Beyond the above, there are additional pitfalls specific to the GPT OSS model weights we’re using. In particular, the official weights hosted on Hugging Face store the MoE up-projection weights and gate weights in a single matrix. Those hosted weights are interleaved: Odd columns are up-projection weights, and even columns are gate weights. However, FlashInfer’s fused MoE kernel expects them in the same matrix but not interleaved: The first half of the columns are up-projection weights, and the second half are gate weights.

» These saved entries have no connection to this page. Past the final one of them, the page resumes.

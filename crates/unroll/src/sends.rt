// What a flow sends as formulas: the greater of what it had sent and what the window allows and, with a rate, at most that.
ghost use Rattle.std.specs.Prelude.{◌≡◌, ◌≤◌, [], ◌∷◌, IfOk};
ghost use Rattle.claims.specs.Subjects.{part};
ghost use Rattle.condition_tree.specs.Trees.{disjunction};
ghost use Rattle.clause_form.specs.Formulas.{formula_of};
ghost use Rattle.ctrl_meaning.specs.Sends.{growth_terms, paced_claim, rate_terms, send_claim, unpaced_claim, window_terms};
ghost use Rattle.unroll.specs.ClaimFormulas.{Adds, claim_formula};
ghost use Rattle.unroll.specs.FlowFormulas.{stands};
ghost use Rattle.unroll.specs.FlowLimits.{CanRead, CanSend, CanSum};

use crate::formulas::{all, both, either, with};
use crate::lin_sums::{negated, scale_with};
use crate::sums::Sum;
use clause_form::Formula;
use ctrl_meaning::ReadPoint;
use ctrl_types::{Controller, Lin};
use linear_form::Rel;
use run_rows::{Entry, Shape};
use std::alloc::Global;
use weighing::Side;
use whole::NoMemory;

/// The formulas with that of what the flow sends.
pub(crate) fn plus_send(
    alloc: Global,
    formulas: Vec<Formula>,
    shape: &Shape,
    at: &ReadPoint,
    controller: &Controller,
) -> Result<Vec<Formula>, NoMemory>
    requires { CanSend shape.now at.now controller.now }
    ensures { IfOk result (λ fs. Adds shape.now formulas.items (send_claim part at.now controller.now.window controller.now.rate ∷ []) fs.items) }
{
    let formula = match &controller.rate {
        None => unpaced(alloc, shape, at, &controller.window)?,
        Some(rate) => paced(alloc, shape, at, &controller.window, rate)?,
    };
    with(formulas, formula)
}

/// That the arrivals are the greater of what they were and what the window allows: at least both, and at most one of them.
fn unpaced(alloc: Global, shape: &Shape, at: &ReadPoint, window: &Lin) -> Result<Formula, NoMemory>
    requires read { CanRead shape.now at.now }
    requires window_in { CanSum shape.now at.now window.now }
    ensures { IfOk result (λ f. formula_of f ≡ claim_formula shape.now (unpaced_claim (growth_terms part at.now) (window_terms part at.now window.now))) }
{
    let not_fallen = growth(alloc, shape, at, Rel::AtLeast)?;
    let fills_window = over_window(alloc, shape, at, window, Rel::AtLeast)?;
    let is_one = within_window(alloc, shape, at, window)?;
    Ok(all(vec![in alloc; not_fallen, fills_window, is_one]?))
}

/// That the arrivals are the lesser of that and what the rate allows.
fn paced(
    alloc: Global,
    shape: &Shape,
    at: &ReadPoint,
    window: &Lin,
    rate: &Lin,
) -> Result<Formula, NoMemory>
    requires read { CanRead shape.now at.now }
    requires window_in { CanSum shape.now at.now window.now }
    requires rate_in { CanSum shape.now at.now rate.now }
    ensures { IfOk result (λ f. formula_of f ≡ claim_formula shape.now (paced_claim (growth_terms part at.now) (window_terms part at.now window.now) (rate_terms part at.now rate.now))) }
{
    let within_window = within_window(alloc, shape, at, window)?;
    let not_grown = growth(alloc, shape, at, Rel::AtMost)?;
    let within_rate = either(
        alloc,
        not_grown,
        over_rate(alloc, shape, at, rate, Rel::AtMost)?,
    )?;
    let all_of_window = both(
        alloc,
        growth(alloc, shape, at, Rel::AtLeast)?,
        over_window(alloc, shape, at, window, Rel::AtLeast)?,
    )?;
    let all_of_rate = both(
        alloc,
        growth(alloc, shape, at, Rel::AtLeast)?,
        over_rate(alloc, shape, at, rate, Rel::AtLeast)?,
    )?;
    let all_of_one = either(alloc, all_of_window, all_of_rate)?;
    Ok(all(vec![in alloc; within_window, within_rate, all_of_one]?))
}

/// That the flow has sent nothing, or no more than the window allows.
fn within_window(
    alloc: Global,
    shape: &Shape,
    at: &ReadPoint,
    window: &Lin,
) -> Result<Formula, NoMemory>
    requires read { CanRead shape.now at.now }
    requires window_in { CanSum shape.now at.now window.now }
    ensures { IfOk result (λ f. formula_of f ≡ disjunction (stands shape.now (growth_terms part at.now) Rel.AtMost ∷ stands shape.now (window_terms part at.now window.now) Rel.AtMost ∷ [])) }
{
    let not_grown = growth(alloc, shape, at, Rel::AtMost)?;
    let within = over_window(alloc, shape, at, window, Rel::AtMost)?;
    either(alloc, not_grown, within)
}

/// That what the flow sent in this row stands so to 0.
#[tactic(auto, using(whole::proofs::Overflow::signed))]
fn growth(alloc: Global, shape: &Shape, at: &ReadPoint, rel: Rel) -> Result<Formula, NoMemory>
    requires read { CanRead shape.now at.now }
    ensures { IfOk result (λ f. formula_of f ≡ stands shape.now (growth_terms part at.now) rel) }
{
    let ReadPoint { row, flow, .. } = *at;
    let before = Entry::A { row: row - 1, flow };
    let sum = Sum::new(alloc)
        .plus(shape, 1, Entry::A { row, flow })?
        .plus(shape, -1, before)?;
    Ok(sum.compared(rel))
}

/// That what the arrivals have over what was served, what was lost and the window stands so to 0.
#[tactic(auto, using(whole::proofs::Overflow::signed))]
fn over_window(
    alloc: Global,
    shape: &Shape,
    at: &ReadPoint,
    window: &Lin,
    rel: Rel,
) -> Result<Formula, NoMemory>
    requires read { CanRead shape.now at.now }
    requires window_in { CanSum shape.now at.now window.now }
    ensures { IfOk result (λ f. formula_of f ≡ stands shape.now (window_terms part at.now window.now) rel) }
{
    let ReadPoint {
        row,
        flow,
        heard,
        ..
    } = *at;
    let scale = scale_with(1, shape, at, window);
    let unit = i128::from(scale);
    let under_way = Sum::new(alloc)
        .plus(shape, unit, Entry::A { row, flow })?
        .plus(shape, negated(unit), Entry::S { row: heard, flow })?
        .plus(shape, negated(unit), Entry::L { row: heard, flow })?;
    let excess = under_way.plus_lin(shape, at, Side::Right, scale, window)?;
    Ok(excess.compared(rel))
}

/// That what the flow sent in this row has over the rate stands so to 0.
#[tactic(auto, using(whole::proofs::Overflow::signed))]
fn over_rate(
    alloc: Global,
    shape: &Shape,
    at: &ReadPoint,
    rate: &Lin,
    rel: Rel,
) -> Result<Formula, NoMemory>
    requires read { CanRead shape.now at.now }
    requires rate_in { CanSum shape.now at.now rate.now }
    ensures { IfOk result (λ f. formula_of f ≡ stands shape.now (rate_terms part at.now rate.now) rel) }
{
    let ReadPoint { row, flow, .. } = *at;
    let scale = scale_with(1, shape, at, rate);
    let unit = i128::from(scale);
    let before = Entry::A { row: row - 1, flow };
    let sent = Sum::new(alloc)
        .plus(shape, unit, Entry::A { row, flow })?
        .plus(shape, negated(unit), before)?;
    let excess = sent.plus_lin(shape, at, Side::Right, scale, rate)?;
    Ok(excess.compared(rel))
}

Therefore, we also need to deinterleave the weights before passing them into the kernel. You can follow the links to find the model definition and the weight preparation code in Pie.

Conclusion

The lack of documentation makes it difficult to get FlashInfer’s fused MoE kernel working correctly. However, the unit tests are a good source of truth. If you’re facing the same issue, I hope this post saves you time.

If I were designing the API, I’d use type information to automatically validate whether the weights are in the expected layout. An interpretable error message when they’re not would save developers a lot of time debugging silent numerical errors.